The first comes from an MIT Sloane School May 2013 conference during which they said: “Only about 20% of available data is structured so it can be analysed. Big data includes the large quantities of currently unstructured data.”

This fits with Wikipedia which says: “The term big data from software engineering and computer science describes datasets that grow so large that they become awkward to work.”

And the triangulating definition is Gartner’s ‘3V’ version: “Big data are high volume, high velocity, and/or high variety information assets that require new forms of processing to enable enhanced decision making, insight discovery and process optimisation."

So, when the Tsarnaev brothers set off bombs at the Boston Marathon, authorities sifted through untold mountains of unstructured data, sorting and analysing photos, security video, eyewitness reports and whatever else was available. In three days, they identified two men who started with – but ended without - large, heavy backpacks, were together at times and also in the two bombing locations at the opportune moments. Stateside, we (particularly we Bostonians) were incredibly grateful for the analytical techniques that led to their identification and capture within four days. Data was the saviour against the evil brothers.

However, just about six weeks later, when Edward Snowden reported that vast quantities of telephone data were being analysed for on-going identification of potential terrorist plots, many Stateside folks became outraged. They want the bad guys tracked, but not the innocents. Ahh, the scourge of this technology!

My favourite retail data story is from Charles Duhigg’s The Power of Habit. Apparently, big box retailer Target Corporation’s data analysis digs so deep that they can tell from one’s purchases whether a woman is pregnant, and how far along she it. Target uses its data to send coupons to lure customers to purchase items they are likely to want next. The father of a teen receiving such coupons called Target became irate because he felt they were encouraging his daughter to have a baby. How could they do such a thing! The man called back to apologise a few months later. It turned out that his daughter was already pregnant, and Target knew before he did. Scourge or saviour?

We are not likely to have it both ways. We will want personalised medicine and tailored treatment plans, but must accept that those techniques must be built on the backs of millions of patient records. If individuals today don’t share information, the next generations will not be likely to enjoy better cures.  Likewise, new transportation methods, routes, and vehicles require analysis of what and how we currently use transportation.

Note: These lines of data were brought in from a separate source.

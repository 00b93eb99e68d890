//! What information is worth to an agent before it decides (Everitt et al. 2021): for each node
//! that one of its decisions sees or might see, the optimum with that arc less the optimum without
//! it. The other agents keep to the answered rules.
#![tactic(auto)]

mod arcs;
mod finding;
mod lines;
mod sharing;

pub use lines::{InfoLine, info};
pub use optimum_gap::Found;
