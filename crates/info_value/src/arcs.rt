//! Which arcs are asked about.

ghost use Rattle.std.specs.Prelude.{◌≡◌, ◌<◌, ◌↔◌, ℕ, length};
ghost use Rattle.node_sets.specs.Sets.{IsIn};
ghost use Rattle.maid_model.specs.Graph.{Arc, IsPath};
ghost use Rattle.info_value.specs.Lines.{decides, may_see};

use maid_model::{Diagram, Kind, descent_is_tested};
use node_sets::{NodeSet, descendants};

/// Whether the node is a decision of the agent.
pub(crate) fn decides(diagram: &Diagram, agent: usize, v: usize) -> bool
    requires { v < length diagram.now.nodes }
    ensures { result ≡ decides diagram.now.nodes agent v }
{
    match diagram.kind(v) {
        Kind::Decision => diagram.agent_of(v) == agent,
        Kind::Chance | Kind::Utility => false,
    }
}

/// The decision and all nodes that descend from it.
pub(crate) fn below(diagram: &Diagram, decision: usize) -> NodeSet
    requires { decision < length diagram.now.nodes }
    ensures { (v : ℕ) → IsIn result v ↔ IsPath (Arc diagram.now.nodes) decision v }
{
    let _count = diagram.count();
    descendants(diagram, NodeSet::of(decision))
}

/// Whether the decision may see the node, where `below` has the decision and all nodes that descend
/// from it.
pub(crate) fn may_see(diagram: &Diagram, below: &NodeSet, decision: usize, v: usize) -> bool
    requires within { v < length diagram.now.nodes }
    requires below { (v : ℕ) → IsIn below.now v ↔ IsPath (Arc diagram.now.nodes) decision v }
    ensures { result ≡ may_see diagram.now.nodes decision v }
{
    descent_is_tested();
    match diagram.kind(v) {
        Kind::Chance | Kind::Decision => !below.holds(v),
        Kind::Utility => false,
    }
}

George Orwell’s 1949 classic Nineteen Eighty-Four apparently is selling again at an incredible clip. The connected homes of his vision have a lot in common with the video opportunities of today’s networked world. We don’t want Orwell’s Big Brother, but we want technology to root out evil and find solutions for what ails us.

The scourge of Big Data is the fear of intrusiveness and the loss of the concept older generations call ‘privacy’. The salvation is both when the good guys catch the bad guys, and, for our industry, when that incredible quantity of data is required to conduct business, medicine, education, government, etc. When analyses face high volume, velocity, and variety of data, our carriers’ networks, colos, clouds, managed services, et. al. become increasingly valuable. So, grow data, grow.